This is not production software. It is a research project exploring deterministic simulation testing, actor architectures, and human-AI collaboration on distributed systems code. Do not use this as a Redis replacement.
What it actually is: A Redis-compatible server that speaks RESP2, with actor-per-shard concurrency, CRDT replication (Anna KVS-style gossip + anti-entropy), Lua scripting, transactions, TLS, and ACL auth. Passes the official Redis Tcl test suite for implemented commands. Runs within 80-100% of Redis 7.4 throughput on equivalent hardware.
75+ Redis commands across strings, lists, sets, hashes, sorted sets, transactions, expiration, Lua scripting, and server introspection. RESP2 wire protocol compatible with all standard Redis clients.
Tcl compatibility test results (official Redis test suite):
| Suite | Result |
|---|---|
unit/type/incr |
28/28 pass |
unit/expire |
all pass |
unit/type/string |
72 pass, 0 errors (stops at LCS - not implemented) |
unit/multi |
20/56 pass (stops at SWAPDB - database swapping not implemented) |
Performance (Docker, 2 CPUs, 1GB RAM, 50 clients, redis-benchmark):
| Redis 7.4 | redis-rust | ||
|---|---|---|---|
| SET P=1 | 148K rps | 147K rps | 99% |
| GET P=1 | 154K rps | 119K rps | 77% |
| SET P=16 | 1.02M rps | 813K rps | 80% |
| GET P=16 | 840K rps | 709K rps | 84% |
Optimal shard count depends on available cores. With 2 CPUs, 2-4 shards peak at ~1M SET/s pipelined.
- No bitmaps, streams, pub/sub, HyperLogLog, or geo commands.
- No blocking operations (BLPOP, BRPOP, etc.).
- No RESP3. RESP2 only.
- No persistence guarantees. In-memory only. Streaming persistence to S3 exists but is experimental.
- Multi-node replication is eventual consistency only. CRDT-based (LWW registers, vector clocks, gossip). Verified via Maelstrom and 87 deterministic simulation tests with partition/loss injection. Not linearizable across nodes by design.

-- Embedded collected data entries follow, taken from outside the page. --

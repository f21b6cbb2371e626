//! A run of a bare machine, made ready: what was tried on the way stands in its ghost field, so nothing is tested again.

ghost use Rattle.pg_cmd_plain.specs.CanRuns.{CanRun};

use pg_image::Image;
use pg_mach_ready::Machine;

/// A run of a bare machine.
#[derive(Drop)]
pub(crate) struct BarePlan {
    /// The machine.
    pub(crate) machine: Machine,
    /// The words of its cells when it is switched on: `grant` of them, each of the machine's width.
    pub(crate) image: Image,
    /// How many cells it is given: from 2 to the size of the machine.
    pub(crate) grant: u32,
    /// How many steps it does, exactly: at most 1,000,000.
    pub(crate) steps: u64,
    /// There is such a run.
    pub(crate) ghost can_run: { CanRun machine.desc.word machine.desc.size grant steps image },
}
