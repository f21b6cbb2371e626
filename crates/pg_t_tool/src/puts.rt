//! Puts that fail.

use crate::commands::ROWS;
use crate::setting::{FILES, HELD, Setting, are_alike, did_alike, run};
use pg_tool::Status;
use std::alloc::Global;
use std::process::Abort;
use std::test::Fail;

/// A command, what `c` holds before it, and what it leaves where nothing fails.
#[derive(Clone, Copy)]
struct Whole<'a> {
    line: &'a str,
    held: &'a [u8],
    left: &'a Setting,
}

/// Whether the text is written up to there, and nothing else differs from where no put fails.
fn is_front(left: &Setting, whole: &Setting, written: usize) -> bool {
    left.is(
        Status::WriteFault,
        whole.text().get(..written).unwrap_or("no front"),
    ) && left.keeps(&FILES)
        && left.held() == whole.held()
        && did_alike(left, whole)
}

/// Each put fails in turn, which hands over a line, after nothing and after two bytes. Then one more fails, which never comes:
/// there are as many as lines.
fn fails_at_each_put(rt: &impl Abort, alloc: Global, whole: Whole<'_>) -> Result<(), Fail> {
    let (line, held) = (whole.line, whole.held);
    let (mut put, mut start) = (1, 0usize);
    for text in whole.left.text().lines() {
        let end = start.wrapping_add(text.len()).wrapping_add(1);
        for taken in [0, 2] {
            let left = run(alloc, line, held, &[], &[(put, taken)])?;
            let written = start.wrapping_add(taken).min(end);
            assert!(rt;
                is_front(&left, whole.left, written),
                "{line} {put} {taken}"
            );
        }
        (put, start) = (put.wrapping_add(1), end);
    }
    let left = run(alloc, line, held, &[], &[(put, 0)])?;
    assert!(rt; are_alike(&left, whole.left), "{line}");
    Ok(())
}

/// Each put of a command fails in turn, which ends so where none does.
fn is_cut_off(
    rt: &impl Abort,
    alloc: Global,
    line: &str,
    held: &[u8],
    status: Status,
) -> Result<(), Fail> {
    let left = run(alloc, line, held, &[], &[])?;
    assert!(rt; left.status == status, "{line}");
    fails_at_each_put(
        rt,
        alloc,
        Whole {
            line,
            held,
            left: &left,
        },
    )
}

/// Two guests: one is refused an address that another grant holds, and one loops. Nine lines are told of them.
pub(crate) const GUESTS: &str = "run m0 c past loop --grant 16 --steps 10 --slice 3";

#[test]
fn a_put_that_fails_leaves_a_front_of_the_text(rt: HostRuntime) -> Result<(), Fail> {
    for (line, status, _, _) in ROWS {
        is_cut_off(&rt, rt.alloc(), line, HELD, status)?;
    }
    let checked = run(rt.alloc(), "check m0 --cert c", HELD, &[], &[])?;
    is_cut_off(&rt, rt.alloc(), GUESTS, checked.held(), Status::Done)
}
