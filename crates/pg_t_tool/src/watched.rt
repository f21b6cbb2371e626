//! Who is told of each question while a description is classified, how far long work has come, why a command stops, and of a verdict
//! that is not saved.

use crate::setting::Setting;
use crate::texts::M0;
use pg_tool::{
    JudgedMachine, Kind, ReadWatcher, SearchWatcher, Stop, StopWatcher, VerdictWatcher, Watcher,
};
use std::alloc::{AllocError, Global};
use std::test::Fail;

/// Counts the questions that it is told of, and keeps how many were left at the last, whether a search was told of between two, and how
/// many bytes were verified. Counts stops, and verdicts that were not saved.
#[derive(Drop)]
struct Counting {
    told: usize,
    left: usize,
    is_searched: bool,
    read: usize,
    stops: usize,
    unsaved: usize,
}

impl Counting {
    /// Before anything is told.
    fn new() -> Counting {
        Counting {
            told: 0,
            left: 0,
            is_searched: false,
            read: 0,
            stops: 0,
            unsaved: 0,
        }
    }
}

impl Watcher for Counting {
    fn asks(&mut self, _name: &[u8], _kind: Kind, left: usize) {
        self.told = self.told.wrapping_add(1);
        self.left = left;
    }
}

impl SearchWatcher for Counting {
    fn goes_on(&mut self, learned: usize, budget: u32) {
        self.is_searched = self.told > 0 && learned <= budget as usize;
    }
}

impl ReadWatcher for Counting {
    fn reads(&mut self, done: usize, all: usize) {
        self.read = if done <= all { done } else { 0 };
    }
}

impl StopWatcher for Counting {
    fn stops(&mut self, _stop: &Stop) {
        self.stops = self.stops.wrapping_add(1);
    }
}

impl VerdictWatcher for Counting {
    fn unsaved(&mut self, _judged: &JudgedMachine) {
        self.unsaved = self.unsaved.wrapping_add(1);
    }
}

/// A description of one instruction that traps.
const ONE_TRAP: &str = "machine { word 32; address 8; size 64; }
instr svc \"00000011_........................\" { trap; }
";

/// Lines, whether the second call of the shelf fails, and what is told: there are five kinds, of which a hybrid monitor has four. Of
/// the third line the second call saves the certificate.
const LINES: [(&str, bool, &str); 7] = [
    (
        "check d --cert c",
        false,
        "5 told, 1 left, 0 stops, 0 unsaved",
    ),
    (
        "hcheck d --cert c",
        false,
        "4 told, 1 left, 0 stops, 0 unsaved",
    ),
    (
        "check d --cert c",
        true,
        "5 told, 1 left, 0 stops, 1 unsaved",
    ),
    ("check d", false, "0 told, 0 left, 1 stops, 0 unsaved"),
    (
        "check n --cert c",
        false,
        "0 told, 0 left, 1 stops, 0 unsaved",
    ),
    ("verify d n", false, "0 told, 0 left, 1 stops, 0 unsaved"),
    ("print none", false, "0 told, 0 left, 1 stops, 0 unsaved"),
];

/// What a watcher is told of a line.
fn told(alloc: Global, line: &str, fails: bool) -> Result<String, AllocError> {
    let mut counting = Counting::new();
    let files = [("d", ONE_TRAP), ("n", "")];
    let calls: &[(u64, usize)] = if fails { &[(2, 0)] } else { &[] };
    let mut at = Setting::new(alloc, &files, &[], calls)?;
    at.run_watched(line, &[], &mut counting)?;
    format!(in alloc;
        "{} told, {} left, {} stops, {} unsaved",
        counting.told, counting.left, counting.stops, counting.unsaved
    )
}

#[test]
fn questions_and_stops_are_told_once(rt: HostRuntime) -> Result<(), Fail> {
    for (line, fails, want) in LINES {
        let told = told(rt.alloc(), line, fails)?;
        assert!(rt; told.as_str() == want, "{line}: {told}");
    }
    Ok(())
}

#[test]
fn long_work_is_told(rt: HostRuntime) -> Result<(), Fail> {
    let mut at = Setting::new(rt.alloc(), &[("d", M0)], &[], &[])?;
    let mut checked = Counting::new();
    at.run_watched("check d --cert c", &[], &mut checked)?;
    assert!(rt; checked.is_searched && checked.read == 0);
    let saved = at.held().len();
    let mut migrated = Counting::new();
    at.run_watched("migrate d c c", &[], &mut migrated)?;
    assert!(rt; !migrated.is_searched && migrated.read == saved);
    let mut verified = Counting::new();
    at.run_watched("verify d c", &[], &mut verified)?;
    assert!(rt; !verified.is_searched && verified.read == 0);
    Ok(())
}
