//! Steps, pokes and loads of runs, and cells of the hardware behind them, worked out by hand.
//!
//! A monitor pokes its word into cell 1 and each cell of an image. A step that traps costs a load, and one poke where the guest's trap
//! or its instruction stores. Another load is due where the guest changes.

use crate::setting::Setting;
use crate::texts::{FOUR, HALF, HEAD, HEAD_WITH_CAUSES, LOOP, M0, PAST, TO_USER_MODE};
use pg_tool::Status;
use std::test::Fail;

/// A line, how what was done begins, and cells of the hardware, each by its address and its word.
type Row = (&'static str, &'static str, &'static [(u32, u64)]);

/// Lines whose certificates the rows below take.
const CHECKS: [Row; 4] = [
    ("check m0 --cert c", "0 cells, 0 steps", &[]),
    ("check causes --cert cc", "0 cells, 0 steps", &[]),
    ("check half --cert ch", "0 cells, 0 steps", &[]),
    ("hcheck more --cert hc", "0 cells, 0 steps", &[]),
];

/// A bare machine: each cell of its image is poked, its program status word is loaded, and its third step traps.
const BARE_RUNS: [Row; 1] = [(
    "bare m0 moved --grant 16 --steps 3",
    "16 cells, 3 steps, 0 direct, 1 loads, 16 pokes",
    &[(0, 0x0004_0408), (4, 0x0a)],
)];

/// Runs under a monitor. Cell 0 has the word of the hardware's last trap.
const RUNS: [Row; 9] = [
    // The first guest loads a register, without a poke, and traps, five times each; the second only makes direct steps. Each has four
    // slices, of 3, 3, 3 and 1.
    (
        "run m0 c past loop --grant 16 --steps 10 --slice 3",
        "64 cells, 20 steps, 10 direct, 18 loads, 38 pokes",
        &[(0, 0x0103_0210), (1, 0x0002_0040)],
    ),
    // It traps, adds in a window that is clipped to one cell, as the word of the last trap says, and traps.
    (
        "run m0 c clipped --grant 8 --steps 3",
        "64 cells, 3 steps, 1 direct, 3 loads, 11 pokes",
        &[(0, 0x0101_0901), (1, 0x0002_0040)],
    ),
    // An instruction that is not privileged and traps in user mode for some words: it is interpreted for the first of two.
    (
        "run half ch copies --grant 8 --steps 2",
        "64 cells, 2 steps, 1 direct, 2 loads, 10 pokes",
        &[(0, 0x0102_0208), (1, 0x0002_0040)],
    ),
    // No turn: nothing is loaded.
    (
        "run m0 c zeros zeros --grant 31 --steps 0",
        "64 cells, 0 steps, 0 direct, 0 loads, 63 pokes",
        &[(0, 0), (1, 0x0002_0040)],
    ),
    // Every step traps.
    (
        "run m0 c zeros --grant 8 --steps 1000",
        "64 cells, 1000 steps, 0 direct, 1001 loads, 1009 pokes",
        &[(0, 0x0100_0200), (1, 0x0002_0040)],
    ),
    // The same where a trap stores its cause.
    (
        "run causes cc zeros --grant 8 --steps 1000",
        "64 cells, 1000 steps, 0 direct, 1001 loads, 1009 pokes",
        &[(0, 0x0300_0200), (1, 0x0002_0040)],
    ),
    // Of one guest a slice follows upon its own, and nothing is loaded between them.
    (
        "run m0 c loop --grant 16 --steps 10 --slice 3",
        "64 cells, 10 steps, 10 direct, 1 loads, 17 pokes",
        &[(0, 0), (1, 0x0002_0040)],
    ),
    // Three guests of direct steps with three slices each.
    (
        "run m0 c loop loop loop --grant 16 --steps 10 --slice 4",
        "64 cells, 30 steps, 30 direct, 9 loads, 49 pokes",
        &[(0, 0), (1, 0x0002_0040)],
    ),
    // Eight guests, of which the last has the cells 51 to 57.
    (
        "run m0 c zeros zeros zeros zeros zeros zeros zeros zeros --grant 7 --steps 1",
        "64 cells, 8 steps, 0 direct, 16 loads, 65 pokes",
        &[(0, 0x0102_3307), (1, 0x0002_0040), (51, 0x0002_0007)],
    ),
];

/// Runs under a hybrid monitor.
const HYBRID_RUNS: [Row; 3] = [
    // Four of the six turns are made from user mode; two of those trap, which costs a poke.
    (
        "hybrid more hc calls --grant 8 --steps 6",
        "64 cells, 4 steps, 2 direct, 2 loads, 11 pokes",
        &[(0, 0x0104_0208), (1, 0x0002_0040)],
    ),
    // A guest that stays in supervisor mode is interpreted: the hardware does no step, and five of its ten store.
    (
        "hybrid more hc loop --grant 16 --steps 10 --slice 3",
        "64 cells, 0 steps, 0 direct, 0 loads, 22 pokes",
        &[(0, 0), (1, 0x0002_0040)],
    ),
    // In between the turns of a guest that is loaded another one is interpreted, and the first stays loaded.
    (
        "hybrid more hc calls loop --grant 8 --steps 6 --slice 1",
        "64 cells, 4 steps, 2 direct, 2 loads, 22 pokes",
        &[(0, 0x0104_0208), (1, 0x0002_0040)],
    ),
];

/// A guest under several monitors: the word of each, supervisor mode, P 2 and the whole storage, which has two cells fewer for each
/// monitor below it; the guest's own cells, and one behind them.
const NESTED_RUNS: [Row; 8] = [
    (
        "nest m0 c clipped --grant 8 --steps 3 --depth 1",
        "64 cells, 3 steps, 1 direct",
        &[
            (1, 0x0002_0040),
            (2, 0x0001_0705),
            (3, 0x0705),
            (9, 0x0200_0000),
            (10, 0),
        ],
    ),
    (
        "nest m0 c clipped --grant 8 --steps 3 --depth 2",
        "64 cells, 3 steps, 1 direct",
        &[
            (1, 0x0002_0040),
            (3, 0x0002_003e),
            (4, 0x0001_0705),
            (5, 0x0705),
            (11, 0x0200_0000),
            (12, 0),
        ],
    ),
    (
        "nest m0 c clipped --grant 8 --steps 3 --depth 3",
        "64 cells, 3 steps, 1 direct",
        &[
            (1, 0x0002_0040),
            (3, 0x0002_003e),
            (5, 0x0002_003c),
            (6, 0x0001_0705),
            (13, 0x0200_0000),
            (14, 0),
        ],
    ),
    (
        "nest m0 c clipped --grant 8 --steps 3 --depth 4",
        "64 cells, 3 steps, 1 direct",
        &[
            (5, 0x0002_003c),
            (7, 0x0002_003a),
            (8, 0x0001_0705),
            (9, 0x0705),
            (15, 0x0200_0000),
            (16, 0),
        ],
    ),
    // Every step traps, and is interpreted by each monitor.
    (
        "nest m0 c zeros --grant 8 --steps 1000 --depth 4",
        "64 cells, 1000 steps, 0 direct",
        &[(1, 0x0002_0040)],
    ),
    (
        "nest causes cc zeros --grant 8 --steps 1000 --depth 3",
        "64 cells, 1000 steps, 0 direct",
        &[(1, 0x0002_0040)],
    ),
    // No step traps: no monitor does any.
    (
        "nest m0 c loop --grant 8 --steps 1000 --depth 4",
        "64 cells, 1000 steps, 1000 direct",
        &[(1, 0x0002_0040)],
    ),
    // The largest guest fills what four monitors leave.
    (
        "nest none end zeros --grant 56 --steps 0 --depth 4",
        "64 cells, 0 steps, 0 direct, 0 loads",
        &[(1, 0x0002_0040), (7, 0x0002_003a), (63, 0)],
    ),
];

/// A guest that is saved and goes on, in the first grant and behind 20 cells.
const SAVED_RUNS: [Row; 3] = [
    (
        "save m0 c loop s --grant 16 --steps 3",
        "64 cells, 3 steps, 3 direct, 1 loads, 17 pokes",
        &[(0, 0), (1, 0x0002_0040)],
    ),
    (
        "resume m0 c s --steps 7",
        "64 cells, 7 steps, 7 direct, 1 loads, 17 pokes",
        &[(2, 6), (4, 0x0100_0404)],
    ),
    (
        "resume m0 c s --steps 7 --skip 20",
        "64 cells, 7 steps, 7 direct, 1 loads, 17 pokes",
        &[(2, 0), (4, 0), (22, 6), (24, 0x0100_0404)],
    ),
];

/// A machine that is drawn by a number, judged, and run: 1000 steps of each of four guests.
const DRAWN_RUNS: [Row; 1] = [("gen 2 1 --cert s", "128 cells, 4000 steps", &[])];

/// Whether cells of the hardware hold these words.
fn holds(at: &Setting, cells: &[(u32, u64)]) -> bool {
    for cell in cells {
        if at.cell(cell.0) != cell.1 {
            return false;
        }
    }
    true
}

/// A line does what its row says.
fn does(at: &mut Setting, row: &Row) -> Result<(), Fail> {
    at.run(row.0, &[])?;
    let done = at.done()?;
    if at.status == Status::Done && done.as_str().starts_with(row.1) && holds(at, row.2) {
        return Ok(());
    }
    Err(Fail::new(format_args!("{}: {:?}, {done}", row.0, at.status)))
}

/// The lines of rows do so, one after another.
fn do_so(at: &mut Setting, rows: &[Row]) -> Result<(), Fail> {
    for row in rows {
        does(at, row)?;
    }
    Ok(())
}

#[test]
fn runs_cost_what_was_worked_out(rt: HostRuntime) -> Result<(), Fail> {
    let causes = format!(in rt.alloc(); "{HEAD_WITH_CAUSES}{FOUR}")?;
    let half = format!(in rt.alloc(); "{M0}{HALF}")?;
    let more = format!(in rt.alloc(); "{M0}{TO_USER_MODE}")?;
    let files = [
        ("none", HEAD),
        ("m0", M0),
        ("causes", causes.as_str()),
        ("half", half.as_str()),
        ("more", more.as_str()),
        ("end", "pgcert 2\nend\n"),
        ("cc", ""),
        ("ch", ""),
        ("hc", ""),
        ("s", ""),
        ("zeros", ""),
        ("loop", LOOP),
        ("past", PAST),
        ("clipped", "1: 00000705\n7: 01000000\n"),
        ("moved", "2: 04000408\n7: 01000707\n11: 00000005\n"),
        ("copies", "2: 07010502 07000602\n"),
        ("calls", "1: 00020008 05000003 01060506 03000000 00000002\n"),
    ];
    let mut at = Setting::new(rt.alloc(), &files, &[], &[])?;
    do_so(&mut at, &CHECKS)?;
    do_so(&mut at, &BARE_RUNS)?;
    do_so(&mut at, &RUNS)?;
    do_so(&mut at, &HYBRID_RUNS)?;
    do_so(&mut at, &NESTED_RUNS)?;
    do_so(&mut at, &SAVED_RUNS)?;
    do_so(&mut at, &DRAWN_RUNS)
}
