//! Descriptions, a certificate and images.

/// The head of [`M0`], the same where a trap stores its cause, and both with cells for eight grants of 16.
pub(crate) const HEAD: &str = "machine { word 32; address 8; size 64; }\n";

pub(crate) const HEAD_WITH_CAUSES: &str = "machine { word 32; address 8; size 64; causes on; }\n";

pub(crate) const WIDE_HEAD: &str = "machine { word 32; address 8; size 255; }\n";

pub(crate) const WIDE_HEAD_WITH_CAUSES: &str =
    "machine { word 32; address 8; size 255; causes on; }\n";

/// The instructions of [`M0`].
pub(crate) const FOUR: &str =
    "instr add \"00000001_xxxxxxxx_yyyyyyyy_zzzzzzzz\" { mem[x] = (mem[y] + mem[z]); }
instr jmp \"00000010_................_aaaaaaaa\" { pc = a; }
instr svc \"00000011_........................\" { trap; }
instr lr \"00000100_........_llllllll_bbbbbbbb\" { if mode { trap; } rel = l; bound = b; }
";

/// The four instructions of the smallest machine that a monitor can run.
pub(crate) const M0: &str = "machine { word 32; address 8; size 64; }
instr add \"00000001_xxxxxxxx_yyyyyyyy_zzzzzzzz\" { mem[x] = (mem[y] + mem[z]); }
instr jmp \"00000010_................_aaaaaaaa\" { pc = a; }
instr svc \"00000011_........................\" { trap; }
instr lr \"00000100_........_llllllll_bbbbbbbb\" { if mode { trap; } rel = l; bound = b; }
";

/// An instruction that goes to user mode, in either mode.
pub(crate) const TO_USER_MODE: &str =
    "instr rtu \"00000101_................_aaaaaaaa\" { mode = 1:1; pc = a; }\n";

/// An instruction that copies, and that traps in user mode for one half of its words.
pub(crate) const HALF: &str =
    "instr half \"00000111_.......k_xxxxxxxx_yyyyyyyy\" { if (mode & k) { trap; } mem[x] = mem[y]; }\n";

/// A machine that has the instruction that goes to user mode alone.
pub(crate) const RTU: &str = "machine { word 32; address 8; size 64; }
instr rtu \"00000101_................_aaaaaaaa\" { mode = 1:1; pc = a; }
";

/// A machine of words of 16 bits whose instruction does nothing.
pub(crate) const IDLE: &str = "machine{word 16;address 4;size 8;}instr h\"0000............\"{}";

/// A certificate of [`RTU`]. Whether the instruction is privileged is open: of the 851 clauses of that question the sixth is
/// `-75 26` and the eleventh `76 75 74`, and the one step is what they come to. In supervisor mode it changes the mode, and the
/// other kinds are refuted by two clauses that contradict each other.
pub(crate) const OPEN: &str = "pgcert 2
finding rtu privileged spent 1
s 26 74 76 0 6 11 0
finding rtu control shown
size 4
psw s 2 0 4
0: 00000000 00000000 05000000 00000000
size 4
psw s 2 0 4
0: 00000000 00000000 05000000 00000000
finding rtu mode refuted
s 0 1 949 0
finding rtu location refuted
s 0 1 1387 0
finding rtu bound refuted
s 0 1 1447 0
end
";

/// An image of [`M0`]: a loop, of which every step is direct, with its data behind it.
pub(crate) const LOOP: &str = "2: 01000404 02000002 00000003\n";

/// An image that loads a register past its grant, is refused an address that another grant holds, and begins again.
pub(crate) const PAST: &str = "1: 00020010 040000ff 01140505\n";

- MULTI/EXEC works but has limitations. Transaction state is tracked at the connection level. WATCH uses value-snapshot comparison, not Redis's internal dirty-key tracking.
# Build and run
cargo run --bin redis-server-optimized --release
# Connect with any Redis client
redis-cli -p 6379Default port is 6379 (standard Redis port). Override with REDIS_PORT=3000.
See docs/HARNESS.md for the full verification guide — what each layer tests, expected outputs, pitfalls, and how to add new commands without breaking things.
# Unit tests (507 tests including 87 replication tests)
cargo test --lib
# CRDT convergence tests (100 seeds, partitions, packet loss)
cargo test crdt_dst --lib
cargo test multi_node --lib
# Tcl compatibility (requires git submodule)
git submodule update --init
./scripts/run-redis-compat.sh
# Maelstrom linearizability (requires Java 11+)
cargo build --release --bin maelstrom-kv-replicated
/opt/homebrew/opt/openjdk@17/bin/java -Djava.awt.headless=true \
-jar maelstrom/maelstrom/lib/maelstrom.jar test -w lin-kv \
--bin ./target/release/maelstrom-kv-replicated \
--node-count 5 --time-limit 30 --concurrency 10 --rate 50
# Docker benchmarks
cd docker-benchmark && ./run-benchmarks.shActor-per-shard design. Each shard is an independent tokio task owning its CommandExecutor. No locks - all communication via mpsc channels. Connection handler parses RESP, routes to the correct shard by key hash, awaits response.
Connections ──> [RESP Parser] ──> hash(key) ──> [Shard Actor 0..N] ──> [CommandExecutor]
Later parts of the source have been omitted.